# mysterious power loss



## Skibob6 (Dec 1, 2007)

Recently while driving my 94 SE i have had issues both at freeway speed and at about 35mph both between about 1900 rpm and about 2500 rpm where the motor will just kind of cut out and loose power while my foot is on the throttle, if i let off it will come back on semi smoothly if i dont it will lurch back up and continue in a pulsating fashion. the stranger thing is the tach doesnt seam to drop in correspondence with the loss of power, in fact it barley drops at all. this has been happening sine i bought the car about a year ago but only about once every couple months and the tach seemed to follow. what could be causing the engies power to cut out and pulsate like this? i have been very suspisious of my transmission (A/T) as it has been a piece of crap since i got this car but i was just wondering what some of the other possibilities are. any suggestions are much appreciated.


----------



## internetautomart (Mar 8, 2004)

have you checked the condition of your ignition coils?


----------



## Skibob6 (Dec 1, 2007)

no i havent, i have read that these could be the problem but never suspected them because i A) dont know the procedure for checking them and B) they sound like a costly repair. So how would i check them and how much would they cost to replace if that was the problem?


----------



## internetautomart (Mar 8, 2004)

pull them out and physically check them for anything that looks abnormal.
they run about $70 ea to replace


----------



## Skibob6 (Dec 1, 2007)

I pulled em and the front three were all cracked and one of them had a rusty powder on the outside. the rear three were fine, im going to replace them soon but im having a hard time getting them. if this does not fix the problem what else could it be?


----------



## internetautomart (Mar 8, 2004)

Wrap your current ones tightly with electrical tape and see if that helps.


----------



## guinnessmike (Dec 20, 2006)

I would also check the fuel injectors. Checking both the ignition coils and injectors is fairly easy but a little time consuming. You need to remove the cam position sensor (CPS) and with the key in the acc position turn it manually. You should hear each injector making an audible clicking sound. To check the ignition coils, pull each one (leaving it connected to the wire harness), put a known to be good spark plug in it, and turn the CPS until you see a spark.

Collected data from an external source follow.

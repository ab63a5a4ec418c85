//! Protocols as `-p` has them.

ghost use Rattle.fws_net.specs.Reading.{CauseGiven};
ghost use Rattle.fws_ipt.specs.Values.{protocol_value};

use fws_net::{Cause, ReadFault};
use fws_num::read_protocol;
use fws_rules::is;

/// The protocol; none for every one, which is spelled `all` or 0.
pub(crate) fn read_protocol_value(text: &[u8]) -> Result<Option<u8>, ReadFault>
    ensures { CauseGiven result (protocol_value text.now) }
{
    if is(text, b"all") {
        return Ok(None);
    }
    match read_protocol(text) {
        Some(0) => Ok(None),
        Some(protocol) => Ok(Some(protocol)),
        None => Err(ReadFault::Bad(Cause::Syntax)),
    }
}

There is a better description of the process in the factory service manual I downloaded (for free, although it is nice to give a donation) from PhatG20 (see sticky above).


----------



## tamal_86 (Aug 1, 2008)

Hey there

I have an 1989 Maxima SE, and I think I'm having the same problem you have, and I'm going to check my ignition Coils ASAP, I thought it was my Gasket Valve or transmission, I got all those things checked out and it still was losing pressure, so I’ll take and my ignition Coils.


----------



## internetautomart (Mar 8, 2004)

tamal_86 said:


> Hey there
> 
> I have an 1989 Maxima SE, and I think I'm having the same problem you have, and I'm going to check my ignition Coils ASAP, I thought it was my Gasket Valve or transmission, I got all those things checked out and it still was losing pressure, so I’ll take and my ignition Coils.


you only have 1 coil.
in your case I would replace the cap/rotor/wires/plugs/fuel filter first


----------